▸ **WORK INSTRUCTION**
Output only the lines of the entries that follow, starting at the one with "self.old self.new marking)" and running down to the one with "go. So what", both included and unchanged.

** Opening DATA FOR THE TASK block **

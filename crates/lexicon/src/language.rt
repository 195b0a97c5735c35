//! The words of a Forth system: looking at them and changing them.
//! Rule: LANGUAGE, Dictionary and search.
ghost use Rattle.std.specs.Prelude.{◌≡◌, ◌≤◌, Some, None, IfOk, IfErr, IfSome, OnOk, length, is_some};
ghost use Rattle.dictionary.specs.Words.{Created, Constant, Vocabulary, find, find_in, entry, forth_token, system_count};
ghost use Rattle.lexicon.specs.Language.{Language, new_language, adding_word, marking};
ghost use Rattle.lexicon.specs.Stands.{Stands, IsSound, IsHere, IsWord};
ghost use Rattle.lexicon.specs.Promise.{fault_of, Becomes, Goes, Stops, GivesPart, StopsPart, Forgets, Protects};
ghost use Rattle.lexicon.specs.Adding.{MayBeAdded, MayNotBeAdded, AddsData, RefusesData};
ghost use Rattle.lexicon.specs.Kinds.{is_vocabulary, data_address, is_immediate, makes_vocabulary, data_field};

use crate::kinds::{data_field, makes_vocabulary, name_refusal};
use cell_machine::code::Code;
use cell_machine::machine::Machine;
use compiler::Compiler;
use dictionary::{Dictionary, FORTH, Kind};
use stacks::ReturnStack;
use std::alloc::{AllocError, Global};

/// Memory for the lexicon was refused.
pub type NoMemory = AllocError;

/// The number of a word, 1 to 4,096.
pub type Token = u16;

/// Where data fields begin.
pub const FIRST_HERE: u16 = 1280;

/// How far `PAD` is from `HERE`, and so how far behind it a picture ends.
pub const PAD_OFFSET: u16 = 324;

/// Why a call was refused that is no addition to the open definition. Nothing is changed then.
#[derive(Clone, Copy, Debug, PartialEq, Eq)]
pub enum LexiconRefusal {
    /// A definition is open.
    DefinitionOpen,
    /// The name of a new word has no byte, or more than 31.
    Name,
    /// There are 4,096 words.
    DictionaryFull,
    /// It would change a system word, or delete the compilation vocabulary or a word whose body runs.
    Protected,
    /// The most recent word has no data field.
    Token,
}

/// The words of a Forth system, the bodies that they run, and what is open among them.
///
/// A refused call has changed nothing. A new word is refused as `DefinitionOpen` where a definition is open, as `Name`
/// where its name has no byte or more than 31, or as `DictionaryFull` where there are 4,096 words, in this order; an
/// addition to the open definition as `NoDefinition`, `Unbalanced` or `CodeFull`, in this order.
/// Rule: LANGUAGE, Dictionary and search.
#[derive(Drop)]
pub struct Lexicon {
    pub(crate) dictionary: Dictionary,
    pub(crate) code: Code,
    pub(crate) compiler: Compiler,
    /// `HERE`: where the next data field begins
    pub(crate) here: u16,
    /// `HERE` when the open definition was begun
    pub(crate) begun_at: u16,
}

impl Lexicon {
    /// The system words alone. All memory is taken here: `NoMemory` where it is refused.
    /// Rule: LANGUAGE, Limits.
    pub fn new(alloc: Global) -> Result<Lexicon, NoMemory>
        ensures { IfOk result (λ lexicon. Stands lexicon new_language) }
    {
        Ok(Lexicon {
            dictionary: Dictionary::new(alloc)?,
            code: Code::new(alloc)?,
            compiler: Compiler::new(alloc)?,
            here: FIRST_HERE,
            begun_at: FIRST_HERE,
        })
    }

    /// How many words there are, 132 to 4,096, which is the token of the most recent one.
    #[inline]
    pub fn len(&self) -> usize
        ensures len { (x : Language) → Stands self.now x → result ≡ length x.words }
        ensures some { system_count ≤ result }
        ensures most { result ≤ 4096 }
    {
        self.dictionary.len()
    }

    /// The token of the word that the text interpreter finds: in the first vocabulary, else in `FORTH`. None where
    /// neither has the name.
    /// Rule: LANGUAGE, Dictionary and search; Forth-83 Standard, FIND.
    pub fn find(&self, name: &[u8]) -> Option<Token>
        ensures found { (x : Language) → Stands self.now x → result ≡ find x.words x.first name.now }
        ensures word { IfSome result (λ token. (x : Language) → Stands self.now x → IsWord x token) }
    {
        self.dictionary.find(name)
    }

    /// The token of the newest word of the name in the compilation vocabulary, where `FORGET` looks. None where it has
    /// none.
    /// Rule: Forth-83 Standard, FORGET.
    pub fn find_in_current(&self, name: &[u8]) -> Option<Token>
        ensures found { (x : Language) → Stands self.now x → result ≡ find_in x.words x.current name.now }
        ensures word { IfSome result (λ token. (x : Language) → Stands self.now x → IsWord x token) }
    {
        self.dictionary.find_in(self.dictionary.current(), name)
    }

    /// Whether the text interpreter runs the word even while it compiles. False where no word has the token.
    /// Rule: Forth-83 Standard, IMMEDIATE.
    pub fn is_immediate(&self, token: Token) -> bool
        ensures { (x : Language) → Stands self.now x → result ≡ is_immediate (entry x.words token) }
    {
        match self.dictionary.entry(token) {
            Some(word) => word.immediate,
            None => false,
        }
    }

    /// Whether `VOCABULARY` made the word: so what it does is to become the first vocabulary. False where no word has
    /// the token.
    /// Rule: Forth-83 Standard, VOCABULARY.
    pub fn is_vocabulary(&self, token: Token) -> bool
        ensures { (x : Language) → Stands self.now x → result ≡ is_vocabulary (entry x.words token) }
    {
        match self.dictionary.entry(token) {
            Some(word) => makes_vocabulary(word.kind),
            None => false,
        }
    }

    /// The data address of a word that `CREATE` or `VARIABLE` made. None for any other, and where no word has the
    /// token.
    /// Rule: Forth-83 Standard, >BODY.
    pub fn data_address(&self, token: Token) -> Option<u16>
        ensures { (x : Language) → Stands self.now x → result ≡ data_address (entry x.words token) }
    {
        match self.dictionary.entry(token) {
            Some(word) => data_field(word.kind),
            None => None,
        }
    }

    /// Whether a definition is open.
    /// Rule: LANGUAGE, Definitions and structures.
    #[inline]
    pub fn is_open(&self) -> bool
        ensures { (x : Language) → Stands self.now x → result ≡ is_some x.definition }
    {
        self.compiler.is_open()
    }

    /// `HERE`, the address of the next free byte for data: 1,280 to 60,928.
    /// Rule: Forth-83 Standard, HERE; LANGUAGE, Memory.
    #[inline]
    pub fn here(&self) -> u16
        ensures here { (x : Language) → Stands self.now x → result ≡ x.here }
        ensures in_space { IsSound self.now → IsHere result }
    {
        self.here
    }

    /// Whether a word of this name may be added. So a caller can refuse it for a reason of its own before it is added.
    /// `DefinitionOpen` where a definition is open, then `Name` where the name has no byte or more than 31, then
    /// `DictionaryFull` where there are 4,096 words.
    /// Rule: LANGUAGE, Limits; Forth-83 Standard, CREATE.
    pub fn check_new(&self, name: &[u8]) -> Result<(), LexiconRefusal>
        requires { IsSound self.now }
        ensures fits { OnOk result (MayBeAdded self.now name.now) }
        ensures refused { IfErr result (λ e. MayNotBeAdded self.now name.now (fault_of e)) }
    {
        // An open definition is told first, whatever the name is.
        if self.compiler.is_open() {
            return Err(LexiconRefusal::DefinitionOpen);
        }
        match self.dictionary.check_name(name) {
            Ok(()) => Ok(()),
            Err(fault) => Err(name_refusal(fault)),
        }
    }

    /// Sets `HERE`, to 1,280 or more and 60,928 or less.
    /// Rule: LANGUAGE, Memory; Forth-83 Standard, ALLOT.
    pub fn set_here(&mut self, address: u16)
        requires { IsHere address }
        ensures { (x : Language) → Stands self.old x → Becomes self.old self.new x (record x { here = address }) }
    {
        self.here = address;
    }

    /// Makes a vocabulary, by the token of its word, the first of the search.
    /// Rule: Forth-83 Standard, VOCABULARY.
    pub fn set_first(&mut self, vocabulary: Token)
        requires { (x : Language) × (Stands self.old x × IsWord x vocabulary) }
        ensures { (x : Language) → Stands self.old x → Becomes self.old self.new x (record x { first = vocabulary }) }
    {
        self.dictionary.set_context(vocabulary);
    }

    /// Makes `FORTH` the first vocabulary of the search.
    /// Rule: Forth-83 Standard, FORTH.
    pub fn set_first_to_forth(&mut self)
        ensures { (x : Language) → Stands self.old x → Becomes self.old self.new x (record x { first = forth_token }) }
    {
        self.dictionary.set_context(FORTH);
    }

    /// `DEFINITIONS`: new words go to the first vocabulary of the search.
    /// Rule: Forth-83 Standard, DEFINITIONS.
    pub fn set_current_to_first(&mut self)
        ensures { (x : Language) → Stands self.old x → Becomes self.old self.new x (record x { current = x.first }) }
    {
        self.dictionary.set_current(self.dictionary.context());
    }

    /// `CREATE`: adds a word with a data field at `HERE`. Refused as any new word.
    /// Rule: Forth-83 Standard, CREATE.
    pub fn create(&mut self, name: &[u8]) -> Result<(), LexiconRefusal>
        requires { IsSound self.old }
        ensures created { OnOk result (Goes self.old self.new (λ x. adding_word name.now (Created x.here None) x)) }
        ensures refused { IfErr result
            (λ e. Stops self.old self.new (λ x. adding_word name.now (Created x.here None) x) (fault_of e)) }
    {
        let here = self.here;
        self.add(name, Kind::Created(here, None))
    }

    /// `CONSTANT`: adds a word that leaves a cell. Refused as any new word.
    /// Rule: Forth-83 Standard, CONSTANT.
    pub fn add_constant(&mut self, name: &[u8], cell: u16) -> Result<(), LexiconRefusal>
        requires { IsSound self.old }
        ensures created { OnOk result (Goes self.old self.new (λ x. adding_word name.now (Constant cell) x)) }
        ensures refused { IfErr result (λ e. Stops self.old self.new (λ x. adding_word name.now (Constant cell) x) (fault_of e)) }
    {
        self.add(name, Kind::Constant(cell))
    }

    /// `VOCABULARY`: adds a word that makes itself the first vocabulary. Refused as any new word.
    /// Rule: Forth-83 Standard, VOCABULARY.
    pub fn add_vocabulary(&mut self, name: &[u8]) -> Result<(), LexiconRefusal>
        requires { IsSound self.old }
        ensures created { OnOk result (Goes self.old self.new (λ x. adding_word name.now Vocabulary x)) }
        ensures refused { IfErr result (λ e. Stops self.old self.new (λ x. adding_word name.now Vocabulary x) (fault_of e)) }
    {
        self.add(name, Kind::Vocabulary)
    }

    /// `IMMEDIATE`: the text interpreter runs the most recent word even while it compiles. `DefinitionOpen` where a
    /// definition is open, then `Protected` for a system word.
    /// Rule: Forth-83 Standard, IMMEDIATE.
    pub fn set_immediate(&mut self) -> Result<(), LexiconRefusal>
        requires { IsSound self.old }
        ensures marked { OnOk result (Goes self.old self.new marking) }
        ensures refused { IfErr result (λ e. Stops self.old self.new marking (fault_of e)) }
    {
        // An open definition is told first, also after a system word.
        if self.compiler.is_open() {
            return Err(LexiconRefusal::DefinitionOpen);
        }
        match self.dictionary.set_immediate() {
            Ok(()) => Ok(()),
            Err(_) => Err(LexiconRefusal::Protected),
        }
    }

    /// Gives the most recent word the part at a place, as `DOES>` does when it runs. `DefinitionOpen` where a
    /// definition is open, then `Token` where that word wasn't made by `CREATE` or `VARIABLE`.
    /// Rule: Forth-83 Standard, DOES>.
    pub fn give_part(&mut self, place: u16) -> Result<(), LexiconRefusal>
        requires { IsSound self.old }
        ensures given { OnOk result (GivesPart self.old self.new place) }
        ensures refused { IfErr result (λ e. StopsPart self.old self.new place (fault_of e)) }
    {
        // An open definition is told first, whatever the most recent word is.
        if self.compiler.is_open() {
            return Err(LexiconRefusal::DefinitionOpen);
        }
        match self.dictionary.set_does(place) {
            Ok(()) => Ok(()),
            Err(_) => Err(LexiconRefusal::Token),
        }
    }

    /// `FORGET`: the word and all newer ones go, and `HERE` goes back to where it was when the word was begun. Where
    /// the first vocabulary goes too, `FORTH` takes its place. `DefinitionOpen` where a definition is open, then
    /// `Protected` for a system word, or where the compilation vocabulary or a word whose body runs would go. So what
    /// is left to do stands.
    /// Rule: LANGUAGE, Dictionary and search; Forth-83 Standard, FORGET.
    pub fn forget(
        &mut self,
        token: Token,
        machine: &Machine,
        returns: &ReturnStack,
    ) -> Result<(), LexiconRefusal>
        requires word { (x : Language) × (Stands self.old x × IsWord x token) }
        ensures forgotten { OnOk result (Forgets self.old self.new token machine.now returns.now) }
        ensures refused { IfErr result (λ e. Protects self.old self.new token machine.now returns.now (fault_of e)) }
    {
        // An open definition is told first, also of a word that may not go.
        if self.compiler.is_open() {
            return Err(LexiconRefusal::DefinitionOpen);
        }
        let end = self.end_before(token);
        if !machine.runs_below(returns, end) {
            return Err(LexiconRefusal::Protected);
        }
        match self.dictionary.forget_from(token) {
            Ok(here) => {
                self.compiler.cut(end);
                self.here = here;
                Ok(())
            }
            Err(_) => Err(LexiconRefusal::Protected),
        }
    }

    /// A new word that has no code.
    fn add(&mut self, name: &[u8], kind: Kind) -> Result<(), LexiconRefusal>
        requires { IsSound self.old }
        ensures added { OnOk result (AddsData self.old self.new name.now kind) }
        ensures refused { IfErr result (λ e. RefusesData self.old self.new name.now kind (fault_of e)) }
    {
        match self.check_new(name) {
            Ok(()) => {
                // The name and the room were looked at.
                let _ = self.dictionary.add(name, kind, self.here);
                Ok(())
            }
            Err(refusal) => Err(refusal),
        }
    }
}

** Closing DATA FOR THE TASK block **

▸ **RESPONSE**
        ensures marked { OnOk result (Goes self.old self.new marking) }
        ensures refused { IfErr result (λ e. Stops self.old self.new marking (fault_of e)) }
    {
        // An open definition is told first, also after a system word.
        if self.compiler.is_open() {
            return Err(LexiconRefusal::DefinitionOpen);
        }
        match self.dictionary.set_immediate() {
            Ok(()) => Ok(()),
            Err(_) => Err(LexiconRefusal::Protected),
        }
    }

    /// Gives the most recent word the part at a place, as `DOES>` does when it runs. `DefinitionOpen` where a
    /// definition is open, then `Token` where that word wasn't made by `CREATE` or `VARIABLE`.
    /// Rule: Forth-83 Standard, DOES>.
    pub fn give_part(&mut self, place: u16) -> Result<(), LexiconRefusal>
        requires { IsSound self.old }
        ensures given { OnOk result (GivesPart self.old self.new place) }
        ensures refused { IfErr result (λ e. StopsPart self.old self.new place (fault_of e)) }
    {
        // An open definition is told first, whatever the most recent word is.
        if self.compiler.is_open() {
            return Err(LexiconRefusal::DefinitionOpen);
        }
        match self.dictionary.set_does(place) {
            Ok(()) => Ok(()),
            Err(_) => Err(LexiconRefusal::Token),
        }
    }

    /// `FORGET`: the word and all newer ones go, and `HERE` goes back to where it was when the word was begun. Where
    /// the first vocabulary goes too, `FORTH` takes its place. `DefinitionOpen` where a definition is open, then
    /// `Protected` for a system word, or where the compilation vocabulary or a word whose body runs would go. So what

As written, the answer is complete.